Records from a dataset:
◇ ◇ ◇ ◇ ◇

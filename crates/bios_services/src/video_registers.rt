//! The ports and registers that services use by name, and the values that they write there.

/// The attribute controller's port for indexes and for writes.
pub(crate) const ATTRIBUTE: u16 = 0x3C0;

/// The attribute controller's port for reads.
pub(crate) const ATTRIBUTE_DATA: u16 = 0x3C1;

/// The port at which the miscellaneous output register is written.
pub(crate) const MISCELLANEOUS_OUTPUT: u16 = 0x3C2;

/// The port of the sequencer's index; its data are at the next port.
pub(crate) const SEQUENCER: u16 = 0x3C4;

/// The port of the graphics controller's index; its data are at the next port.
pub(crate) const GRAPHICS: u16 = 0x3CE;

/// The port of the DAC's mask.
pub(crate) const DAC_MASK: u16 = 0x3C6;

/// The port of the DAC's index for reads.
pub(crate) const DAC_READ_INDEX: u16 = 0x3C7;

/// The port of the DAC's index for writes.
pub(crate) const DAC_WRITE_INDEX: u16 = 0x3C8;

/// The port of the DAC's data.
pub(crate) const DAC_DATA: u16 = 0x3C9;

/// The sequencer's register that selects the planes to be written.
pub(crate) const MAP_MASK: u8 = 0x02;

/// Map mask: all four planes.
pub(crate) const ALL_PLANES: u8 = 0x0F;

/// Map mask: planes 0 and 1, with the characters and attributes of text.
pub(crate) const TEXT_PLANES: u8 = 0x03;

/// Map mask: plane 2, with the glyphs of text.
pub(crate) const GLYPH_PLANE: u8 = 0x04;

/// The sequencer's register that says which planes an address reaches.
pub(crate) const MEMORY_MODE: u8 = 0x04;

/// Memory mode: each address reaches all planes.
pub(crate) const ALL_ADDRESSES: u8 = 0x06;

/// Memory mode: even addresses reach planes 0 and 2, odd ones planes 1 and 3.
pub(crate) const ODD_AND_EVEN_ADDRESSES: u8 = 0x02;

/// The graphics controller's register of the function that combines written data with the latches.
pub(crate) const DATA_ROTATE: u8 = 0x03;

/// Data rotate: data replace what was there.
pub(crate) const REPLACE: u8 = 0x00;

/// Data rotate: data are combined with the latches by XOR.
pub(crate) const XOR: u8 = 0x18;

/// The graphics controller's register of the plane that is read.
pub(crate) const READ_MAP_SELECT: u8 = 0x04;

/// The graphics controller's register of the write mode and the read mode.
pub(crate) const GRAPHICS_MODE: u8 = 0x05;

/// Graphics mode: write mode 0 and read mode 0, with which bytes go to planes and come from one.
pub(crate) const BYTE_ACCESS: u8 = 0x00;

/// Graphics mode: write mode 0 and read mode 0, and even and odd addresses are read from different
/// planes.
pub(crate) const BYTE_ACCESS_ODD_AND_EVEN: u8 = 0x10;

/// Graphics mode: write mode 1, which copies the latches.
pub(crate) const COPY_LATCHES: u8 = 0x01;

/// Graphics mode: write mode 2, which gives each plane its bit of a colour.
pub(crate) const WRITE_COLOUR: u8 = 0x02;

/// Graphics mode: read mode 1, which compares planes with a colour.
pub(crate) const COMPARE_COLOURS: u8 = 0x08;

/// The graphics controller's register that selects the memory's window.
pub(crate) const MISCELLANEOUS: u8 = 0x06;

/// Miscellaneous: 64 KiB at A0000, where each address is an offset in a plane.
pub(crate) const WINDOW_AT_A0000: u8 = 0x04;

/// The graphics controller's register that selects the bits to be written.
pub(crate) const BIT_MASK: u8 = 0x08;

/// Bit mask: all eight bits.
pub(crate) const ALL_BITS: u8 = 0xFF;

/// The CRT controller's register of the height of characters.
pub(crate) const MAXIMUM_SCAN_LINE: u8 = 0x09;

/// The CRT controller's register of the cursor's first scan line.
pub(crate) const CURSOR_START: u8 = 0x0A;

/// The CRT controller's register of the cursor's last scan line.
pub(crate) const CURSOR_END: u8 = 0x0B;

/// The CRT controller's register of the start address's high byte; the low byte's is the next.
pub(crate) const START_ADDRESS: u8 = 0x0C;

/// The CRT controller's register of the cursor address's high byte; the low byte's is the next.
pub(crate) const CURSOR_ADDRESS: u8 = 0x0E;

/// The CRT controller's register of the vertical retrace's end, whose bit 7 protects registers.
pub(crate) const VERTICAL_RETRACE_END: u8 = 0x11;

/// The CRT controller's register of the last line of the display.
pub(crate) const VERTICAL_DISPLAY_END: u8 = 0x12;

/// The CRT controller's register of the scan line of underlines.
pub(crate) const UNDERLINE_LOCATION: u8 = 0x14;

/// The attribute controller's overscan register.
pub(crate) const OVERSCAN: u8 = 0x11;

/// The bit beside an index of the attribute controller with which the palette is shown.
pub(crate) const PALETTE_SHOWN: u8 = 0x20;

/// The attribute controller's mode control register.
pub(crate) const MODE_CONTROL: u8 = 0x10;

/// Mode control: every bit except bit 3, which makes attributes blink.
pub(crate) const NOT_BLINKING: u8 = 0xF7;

◇ ◇ ◇ ◇ ◇

__PROMPT__: Give again exactly, and only, the lines above starting at the one with "height of characters." and ending at the one with "pub(crate) const OVERSCAN: u8 = 0x11;".

__TASK RESULT__:
/// The CRT controller's register of the height of characters.
pub(crate) const MAXIMUM_SCAN_LINE: u8 = 0x09;

/// The CRT controller's register of the cursor's first scan line.
pub(crate) const CURSOR_START: u8 = 0x0A;

/// The CRT controller's register of the cursor's last scan line.
pub(crate) const CURSOR_END: u8 = 0x0B;

/// The CRT controller's register of the start address's high byte; the low byte's is the next.
pub(crate) const START_ADDRESS: u8 = 0x0C;

/// The CRT controller's register of the cursor address's high byte; the low byte's is the next.
pub(crate) const CURSOR_ADDRESS: u8 = 0x0E;

/// The CRT controller's register of the vertical retrace's end, whose bit 7 protects registers.
pub(crate) const VERTICAL_RETRACE_END: u8 = 0x11;

/// The CRT controller's register of the last line of the display.
pub(crate) const VERTICAL_DISPLAY_END: u8 = 0x12;

/// The CRT controller's register of the scan line of underlines.
pub(crate) const UNDERLINE_LOCATION: u8 = 0x14;

/// The attribute controller's overscan register.
pub(crate) const OVERSCAN: u8 = 0x11;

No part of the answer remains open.